While I wouldn't wear gym clothes on an airplane, I'm not going to wear a coat and tie either unless it's a situation like I faced several years ago when I was flying to Washington D.C. early one morning for a meeting and then flying home immediately thereafter. For me it's jeans or khakis with some type of casual shirt and shoes such as boat shoes.

Cruiser


----------



## CuffDaddy (Feb 26, 2009)

Cruiser said:


> I'm not going to wear a coat and tie


I typically do wear a jacket, simply because I'd rather stow it in the overhead compartment (_after_ everyone else has loaded their bags) than cram it in a suitcase. My ties are not "airworthy," though... simply too easy to have your coffee or soda jostled onto it by turbulence.


----------



## archon (Jul 28, 2008)

My flying outfit is usually a navy blazer (which is designated for travel), BB chinos, a BB button down collared shirt, and Bass loafers. If it is cold outside I also might put on a v-neck sweater or keep one in my carry-on. I find this is the perfect nexus for ease, the security strip search, comfort, and proper outward appearance. 

I rarely ever wear a suit on a plane unless I am going directly to a meeting and won't have time to change. I would never wear anything less casual then "nice" jeans on a plane. I have run into far too many colleagues, fellow businessmen, vendors, and clients on planes to dress down any further. Never underestimate the impact that casual or sloppy dress will have when you encounter people of this type outside of a business setting. Once I ran into a job candidate for a position at our company in an outside social setting and he was dressed poorly and rude. This was a significant factor in the decision to hire someone else.


----------



## Cruiser (Jul 21, 2006)

CuffDaddy said:


> I typically do wear a jacket, simply because I'd rather stow it in the overhead compartment (_after_ everyone else has loaded their bags) than cram it in a suitcase.
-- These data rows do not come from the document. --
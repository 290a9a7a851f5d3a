//! What the vault keeps.
ghost use Rattle.std.specs.Prelude.{◌≡◌, [], ◌∷◌, ◌++◌, OnOk, OnErr};

use crate::rights::Rights;
use std::alloc::{AllocError, Global};
use std::marker::Model;
use vault_base::content::{Content, Digest};
use vault_base::moment::Moment;
use vault_base::name::{BatchName, BucketName, CallerName, DeptName, ObjectKey, RuleId, VersionId};
use vault_lock::lock::Lock;
use vault_lock::retention::{Default, Retention};
use vault_rules::rule_set::RuleSet;

/// Who asks: open, or closed for good.
#[derive(Drop)]
pub struct Caller {
    pub name: CallerName,
    pub dept: Option<DeptName>,
    pub rights: Rights,
    pub closed: bool,
}

impl Clone for Caller {
    ghost is_clone = { λ s t. t ≡ s };

    fn clone(&self) -> Result<Caller, AllocError> {
        Ok(Caller {
            name: self.name.clone()?,
            dept: self.dept.clone()?,
            rights: self.rights,
            closed: self.closed,
        })
    }
}

/// Whose a bucket is, and the retention that it gives to versions placed later.
#[derive(Drop)]
pub struct BucketConfig {
    pub dept: DeptName,
    pub default: Option<Default>,
}

impl Clone for BucketConfig {
    ghost is_clone = { λ s t. t ≡ s };

    fn clone(&self) -> Result<BucketConfig, AllocError> {
        Ok(BucketConfig {
            dept: self.dept.clone()?,
            default: self.default,
        })
    }
}

/// A bucket, with its lifecycle rules where it has any.
#[derive(Drop)]
pub struct Bucket {
    pub name: BucketName,
    pub config: BucketConfig,
    pub rules: Option<RuleSet>,
}

/// Who admitted an entry.
#[derive(Drop)]
pub enum Author {
    Caller(CallerName),
    Rule(RuleId),
}

impl Clone for Author {
    ghost is_clone = { λ s t. t ≡ s };

    fn clone(&self) -> Result<Author, AllocError> {
        match self {
            Author::Caller(caller) => Ok(Author::Caller(caller.clone()?)),
            Author::Rule(rule) => Ok(Author::Rule(rule.clone()?)),
        }
    }
}

/// Why an entry was removed.
#[derive(Drop)]
pub enum Cause {
    Request(CallerName),
    Bypass(CallerName),
    Rule(RuleId),
}

impl Clone for Cause {
    ghost is_clone = { λ s t. t ≡ s };

    fn clone(&self) -> Result<Cause, AllocError> {
        match self {
            Cause::Request(caller) => Ok(Cause::Request(caller.clone()?)),
            Cause::Bypass(caller) => Ok(Cause::Bypass(caller.clone()?)),
            Cause::Rule(rule) => Ok(Cause::Rule(rule.clone()?)),
        }
    }
}

/// The end of an entry.
#[derive(Drop)]
pub struct Removal {
    pub at: Moment,
    pub cause: Cause,
}

impl Clone for Removal {
    ghost is_clone = { λ s t. t ≡ s };

    fn clone(&self) -> Result<Removal, AllocError> {
        Ok(Removal {
            at: self.at,
            cause: self.cause.clone()?,
        })
    }
}

/// A content version or a delete marker, held or removed.
#[derive(Drop)]
pub struct Entry {
    pub id: VersionId,
    pub bucket: BucketName,
    pub key: ObjectKey,
    pub marker: bool,
    /// In bytes; a marker has 0.
    pub size: u64,
    /// The digest of the content; a marker has none.
    pub digest: Option<Digest>,
    pub admitted: Moment,
    pub by: Author,
    pub removal: Option<Removal>,
}

impl Clone for Entry {
    ghost is_clone = { λ s t. t ≡ s };

    fn clone(&self) -> Result<Entry, AllocError> {
        Ok(Entry {
            id: self.id,
            bucket: self.bucket.clone()?,
            key: self.key.clone()?,
            marker: self.marker,
            size: self.size,
            digest: self.digest,
            admitted: self.admitted,
            by: self.by.clone()?,
            removal: self.removal.clone()?,
        })
    }
}

/// What a caller set of a version's lock.
#[derive(Drop)]
pub struct Setting {
    pub at: Moment,
    pub by: CallerName,
    pub lock: Lock,
    pub bypass: bool,
}

impl Clone for Setting {
    ghost is_clone = { λ s t. t ≡ s };

    fn clone(&self) -> Result<Setting, AllocError> {
        Ok(Setting {
            at: self.at,
            by: self.by.clone()?,
            lock: self.lock,
            bypass: self.bypass,
        })
    }
}

/// The settings of a version, oldest first.
#[derive(Drop)]
pub struct Settings {
    settings: Vec<Setting>,
}

impl Model for Settings {
    ghost use Rattle.std.specs.Prelude.{List};
    ghost use Rattle.vault_core_model.specs.declared.records.Setting.{Setting};

    ghost Value = { List Setting };

    ghost view = { λ s. s.settings.items };
}

impl Settings {
    /// No setting.
    pub fn new(alloc: Global) -> Settings
        ensures { result ≡ [] }
    {
        Settings {
            settings: Vec::new(alloc),
        }
    }

    /// One setting more, the newest.
    pub fn push(&mut self, setting: Setting) -> Result<(), AllocError>
        ensures ok { OnOk result (self.new ≡ self.old ++ setting ∷ []) }
        ensures err { OnErr result (self.new ≡ self.old) }
    {
        self.settings.push(setting)?;
        Ok(())
    }

    /// The settings, oldest first.
    pub fn as_slice(&self) -> &[Setting]
        ensures { result.now ≡ self.now }
    {
        self.settings.as_slice()
    }
}

impl Clone for Settings {
    ghost is_clone = { λ s t. t ≡ s };

    fn clone(&self) -> Result<Settings, AllocError> {
        Ok(Settings {
            settings: self.settings.clone()?,
        })
    }
}

/// A department that has a version, and since when.
#[derive(Drop)]
pub struct Tenure {
    pub dept: DeptName,
    pub from: Moment,
    /// The move of the bucket that began it, counted over the vault from 1; 0 is the admission.
    pub number: u32,
}

impl Clone for Tenure {
    ghost is_clone = { λ s t. t ≡ s };

    fn clone(&self) -> Result<Tenure, AllocError> {
        Ok(Tenure {
            dept: self.dept.clone()?,
            from: self.from,
            number: self.number,
        })
    }
}

/// The tenures of a version, oldest first.
#[derive(Drop)]
pub struct Tenures {
    tenures: Vec<Tenure>,
}

impl Model for Tenures {
    ghost use Rattle.std.specs.Prelude.{List};
    ghost use Rattle.vault_core_model.specs.declared.records.Tenure.{Tenure};

    ghost Value = { List Tenure };

    ghost view = { λ t. t.tenures.items };
}

impl Tenures {
    /// No tenure.
    pub fn new(alloc: Global) -> Tenures
        ensures { result ≡ [] }
    {
        Tenures {
            tenures: Vec::new(alloc),
        }
    }

    /// One tenure more, the newest.
    pub fn push(&mut self, tenure: Tenure) -> Result<(), AllocError>
        ensures ok { OnOk result (self.new ≡ self.old ++ tenure ∷ []) }
        ensures err { OnErr result (self.new ≡ self.old) }
    {
        self.tenures.push(tenure)?;
        Ok(())
    }

    /// The tenures, oldest first.
    pub fn as_slice(&self) -> &[Tenure]
        ensures { result.now ≡ self.now }
    {
        self.tenures.as_slice()
    }
}

impl Clone for Tenures {
    ghost is_clone = { λ s t. t ≡ s };

    fn clone(&self) -> Result<Tenures, AllocError> {
        Ok(Tenures {
            tenures: self.tenures.clone()?,
        })
    }
}

/// An entry with its content, while it is held, its settings and its tenures.
#[derive(Drop)]
pub struct History {
    pub entry: Entry,
    pub content: Option<Content>,
    pub settings: Settings,
    pub tenures: Tenures,
}

impl Clone for History {
    ghost is_clone = { λ s t. t ≡ s };

    fn clone(&self) -> Result<History, AllocError> {
        Ok(History {
            entry: self.entry.clone()?,
            content: self.content.clone()?,
            settings: self.settings.clone()?,
            tenures: self.tenures.clone()?,
        })
    }
}

/// What an accepted line of an intake batch asked for, and the version that it admitted.
#[derive(Drop)]
pub struct Note {
    pub bucket: BucketName,
    pub batch: BatchName,
    /// From 1 on.
    pub line: u32,
    pub key: ObjectKey,
    /// In bytes.
    pub size: u64,
    pub digest: Digest,
    pub retention: Option<Retention>,
    pub hold: Option<bool>,
    pub id: VersionId,
}

impl Clone for Note {
    ghost is_clone = { λ s t. t ≡ s };

    fn clone(&self) -> Result<Note, AllocError> {
        Ok(Note {
            bucket: self.bucket.clone()?,
            batch: self.batch.clone()?,
            line: self.line,
            key: self.key.clone()?,
            size: self.size,
            digest: self.digest,
            retention: self.retention,
            hold: self.hold,
            id: self.id,
        })
    }
}

/// The newest held entry of a key, and how many are held.
#[derive(Clone, Copy, PartialEq, Eq)]
pub struct Head {
    pub newest: VersionId,
    pub count: u64,
}

/// The lock that counts of a version, and how many settings it ever had.
#[derive(Clone, Copy)]
pub struct LastSetting {
    pub lock: Lock,
    pub count: u64,
}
I guess I should amend my statement because I do usually wear my navy blazer with the jeans or khakis if I'm going to need it because I'd rather wear it than pack it.

Cruiser


----------



## flatline (Dec 22, 2008)

Cruiser said:


> I guess I should amend my statement because I do usually wear my navy blazer with the jeans or khakis if I'm going to need it because I'd rather wear it than pack it.
> 
> Cruiser


I use my Anderson-Little wool/poly blend extensively for travel. I have been lucky thus far and only been on one plane that was stranded for any length of time on the ground. In the air, I find planes to be absolutely frigid. The blazer helps keep me warm without having to resort to the germy blankets. I can even scrunch it up and use it as a pillow in a pinch, and it comes out quite serviceable.


----------



## Mike Petrik (Jul 5, 2005)

Svenn said:


> I can't believe some of the answers you've gotten here OP. I personally think it's entirely appropriate for you to wear gym clothes on the plane, I have for years. I have to take 12, sometimes 14 hour flights to Asia with exhausting layovers, all the while being stuck in _overheated_ cabins sitting in physiologically unconscionable positions while my spinal column compresses and my muscles ache... I DO NOT have the energy to worry about my appearance to the half-drunk grandma sitting next to me or whether the stewardess will respect me to give me an extra bag of peanuts.
> 
> Moreover, airplanes are one of the most filthy and bacteria-ridden spaces in public transportation, any nice shirt or heaven-forbid sport jacket you wear in such a place would need to be washed immediately. Unless you're meeting a client on the plane or at the exit, or it's just a couple hour flight, then my hunch is the people who dress up for planes are just bored dandies in first-class who want to show off, have no sanitary sense, and have weak blood flow so they're not overheated... not to mention very judgmental about what others are wearing


Well of course airplanes are filthy and bacteria-ridden: people wear their gym clothes on them. 
But I agree, people should refrain from being judgmental about what others are wearing. Just like you.


----------



## Packard (Apr 24, 2009)

A number of years ago a hunter in Pennsylvania mistook a runner in a purple jogging outfit for a deer and shot him dead. This despite the fact that the hunter safety courses all warn against shooting deer wearing purple jogging outfits.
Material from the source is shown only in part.